--- WORK ORDER ---
Please set down only the lines between the line containing "Activation::AtOnce => 8" and the end of the records, inclusive, exactly as they stand.

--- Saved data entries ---
[Start of Attachment]

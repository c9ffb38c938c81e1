// Accounts one behind another, as they are told of several files.
ghost use Rattle.std.specs.Prelude.{◌≡◌};
ghost use Rattle.cli_request.specs.Several.{opens_at, ends_at, first_end};

// Whether a line that begins an account stands at a place.
#[tactic(auto, unfolding(crate::specs::Several::opens_at))]
fn opens(s: &[u8], at: usize) -> bool
    ensures { result ≡ opens_at s.now at }
{
    text_scan::lit(s, at, b"file ").is_some() || text_scan::lit(s, at, b"accepted ").is_some()
}

// Whether an account ends with the line feed at a place.
#[tactic(auto, unfolding(crate::specs::Several::ends_at))]
fn ends(s: &[u8], at: usize) -> bool
    ensures { result ≡ ends_at s.now at }
{
    at < s.len() && s[at] == b'\n' && opens(s, at + 1)
}

// Where the first account ends.
pub fn first_end(s: &[u8]) -> usize
    ensures { result ≡ first_end s.now }
{
    let first = crate::first_line(s);
    for at in first..s.len() {
        if ends(s, at) {
            return at + 1;
        }
    }
    first.max(s.len())
}
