// The line of an account that says what a line of its text says.
ghost use Rattle.std.specs.Prelude.{◌≡◌, ◌+◌, ◌≤◌};
ghost use Rattle.cli_request.specs.Refusals.{lines_of, payment_of, account_line};

use request_read::terms::Activation;
use request_write::{Order, Payable, Side};

// Lines of a payment in a text: 113 stands after DR alone.
fn lines_of(side: Side) -> usize
    ensures value { result ≡ lines_of side }
    ensures small { result ≤ 4 }
{
    match side {
        Side::Credit => 3,
        Side::Debit(_) => 4,
    }
}

// Which of n payments has a line, where the first of them begins at line `from`; the one after them for a line behind them all.
fn payment_of(payments: [Payable; 10], n: usize, from: usize, line: usize) -> usize
    requires { from ≤ 9 }
    ensures value { result ≡ payment_of payments n from line }
    ensures small { result ≤ 10 }
{
    let most = n.min(10);
    let mut end = from;
    for k in 0..most {
        end += lines_of(payments[k].side);
        if line < end {
            return k;
        }
    }
    most
}

// Counted from the account's first line, which names the sub type; line 1 of a text is that of 20.
pub fn account_line(o: Order, line: usize) -> usize
    ensures { result ≡ account_line o line }
{
    let heads = [1usize, 2, 1, 3, 3, 4, 5, 6];
    if line < 8 {
        return heads[line];
    }
    let payments = o.payments;
    match o.activation {
        Activation::AtOnce => 8 + payment_of(payments, o.n, 8, line),
        Activation::Minute(_) => {
            if line == 8 {
                return 7;
            }
            8 + payment_of(payments, o.n, 9, line)
        }
    }
}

[End of Attachment]

--- SOLVED PROBLEM ---
        Activation::AtOnce => 8 + payment_of(payments, o.n, 8, line),
        Activation::Minute(_) => {
            if line == 8 {
                return 7;
            }
            8 + payment_of(payments, o.n, 9, line)
        }
    }
}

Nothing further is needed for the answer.